Researchers describe nanoparticles behavior in vivo
Nanoparticles are actively employed in medicine as contrast agents as well as for diagnosis and therapy of various diseases. However, the development of novel multifunctional nanoagents is impeded by the difficulty of monitoring their blood circulation. Researches from the Moscow Institute of Physics and Technology, the Shemyakin-Ovchinnikov Institute of Bioorganic Chemistry of RAS, Moscow Engineering Physics Institute, Prokhorov General Physics Institute of RAS, and Sirius University have developed a new noninvasive method of nanoparticle measurement in the bloodstream that boasts a high time resolution. This technique has revealed the basic parameters that affect particle lifetime in the bloodstream, which may potentially lead to discovery of new, more effective nanoagents to be used in biomedicine. The results of the study have been published in the Journal of Controlled Release.

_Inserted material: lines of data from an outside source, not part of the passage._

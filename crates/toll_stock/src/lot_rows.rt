//! The rows of one lot, which are next to each other, because rows are in the order of their keys.
ghost use Rattle.std.specs.Prelude.{◌≡◌, filter};
ghost use Rattle.std.specs.List.Sorted.{IsSortedByKey};
ghost use Rattle.toll_stock.specs.Common.{Bytes, bytes_cmp, same_bytes, pair_cmp, IsInKeyOrder};

use toll_base::{Name, ResultRow, Slice, SublotRow};

/// A row of a lot.
trait OfLot: Copy {
    ghost lot_of: { Self → Bytes };

    fn lot(&self) -> Name
        ensures { result ≡ lot_of self.now };
}

impl OfLot for SublotRow {
    ghost lot_of = { λ row. row.lot };

    fn lot(&self) -> Name {
        self.lot
    }
}

impl OfLot for ResultRow {
    ghost lot_of = { λ row. row.lot };

    fn lot(&self) -> Name {
        self.lot
    }
}

/// The sublots of the lot, in the order of their names.
pub fn sublots_of<'a>(slice: &'a Slice, lot: &Name) -> &'a [SublotRow]
    ensures rows { result.now ≡ filter (λ row. same_bytes row.lot lot.now) slice.now.sublots }
    ensures order { IsInKeyOrder pair_cmp (λ row. (row.lot, row.sublot)) slice.now.sublots }
{
    rows_of(slice.sublots(), lot)
}

/// The results of the lot, by their test and number.
pub fn results_of<'a>(slice: &'a Slice, lot: &Name) -> &'a [ResultRow]
    ensures rows { result.now ≡ filter (λ row. same_bytes row.lot lot.now) slice.now.results }
{
    rows_of(slice.results(), lot)
}

// The rows of the lot, found by halving.
fn rows_of<'a, R: OfLot>(rows: &'a [R], lot: &Name) -> &'a [R]
    requires { IsSortedByKey R.lot_of bytes_cmp rows.now }
    ensures { result.now ≡ filter (λ row. same_bytes (R.lot_of row) lot.now) rows.now }
{
    let start = rows.partition_point(|row| row.lot().cmp(lot).is_lt());
    let end = rows.partition_point(|row| row.lot().cmp(lot).is_le());
    &rows[start..end]
}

Clinical applications of nanoparticles (NP) require an accurate analysis of their behavior in vivo, in particular the duration that the NP stay in the bloodstream. It is the parameter that determines if there is enough time for the NP to spread throughout the body, reach their therapeutic target (e.g., a tumor), and bind to it. Alternatively, the excessively long circulation time may lead to the accumulation of the particles in healthy tissues, thus increasing their side toxicity.
NP circulation in the bloodstream is usually studied through drawing blood samples and measuring the nanoagents content. "The problem of such techniques is that particles are often cleared from the bloodstream within mere minutes so the researcher is only able to take two or three blood samples, which is insufficient for the analysis," commented study co-author Maxim Nikitin, who heads the Nanobiotechnology Lab at MIPT.
Apart from that, repeated blood drawing is stressful for the organism and may indirectly affect particle circulation. The new noninvasive methods of monitoring particle activity in vivo are therefore crucial for the development of nanomedicine.
The researchers used the magnetic particle quantification (MPQ) method developed by them to take noninvasive measurements of the blood particle kinetics. Mice or rabbits' tails were placed into the detection coil of the MPQ reader, then the animals were injected with the nanoparticles, and the NP concentration in their tail veins and arteries was monitored in real time. This technology may be used with humans as well, e. g., via hands or fingertips placed into the detection coil.
The new method offers a noninvasive way of obtaining unique information on particle kinetics that is also simpler than the traditional approaches. It enables further exploration of what might influence particle behavior in the animals' bloodstream.
The researchers investigated three groups of factors including the particle physic-chemical properties, the particularities of their administration, and the state of the animal's body. The smaller-sized negatively charged NP injected in higher doses remained in the bloodstream longer. It has also been found that if particles are injected into blood repeatedly, the circulation of subsequent particle doses becomes significantly prolonged.
"There are similar cases in clinical practice when a patient is initially injected with nanoparticle MRI contrast agents (magnetic particles) and then with the therapeutic NP such as liposomes carrying drugs. We have shown that particles can affect each other, which may influence the treatment," said the study's author, Ivan Zelepukin, a researcher at the Russian Academy of Sciences Institute of Bioorganic Chemistry and MIPT.
What appeared to be one of the key aspects was the NP-injected organism's state. For instance, the particle circulation could significantly vary among mice of different genetic strains. Notably, this difference was evident only for small 50-nanometer particles but not for bigger nanoagents. Besides, if the animal had a large tumor, small NP were eliminated from the blood more rapidly; the larger the cancer tumor was, the less time the blood clearance took.
The researchers assume this may be linked to dynamic changes in the immune system and its increased ability to recognize foreign matter in response to pathology. These findings draw attention to the importance of considering the impact of the organism's condition on the effectiveness of nanoparticles in designing the optimal nanodrugs—an aspect that has traditionally been ignored.
"This is the first time such a comprehensive study of NP with extremely high clearance rate has been carried out. It would have been impossible without the methodology that is being developed at the General Physics Institute of RAS. The MPQ technique combines high sensitivity, high time resolution, and quantitative accuracy. Apart from that, it is noninvasive and it enables detection of NP content almost in real time," said Petr Nikitin, a co-author of the study and the head of the Biophotonics Lab at the General Physics Institute of RAS.
"Our method allowed us to detect new circulation patterns and obtain a great amount of valuable information. For example, we have found out that animals had different particle dynamics depending on their immune status, presence of tumors, etc. Meanwhile, the advanced methodology required much fewer animals for the study. This is essential not only in terms of time and finances but also the ethics of animals' treatment in line with the principle of the 3Rs (Replacement, Reduction and Refinement). We assume that a deeper understanding of the underlying mechanisms may considerably facilitate the rational design of nanomaterials with advanced surface functionality and superior pharmacokinetics for the next generation diagnostics and therapeutics."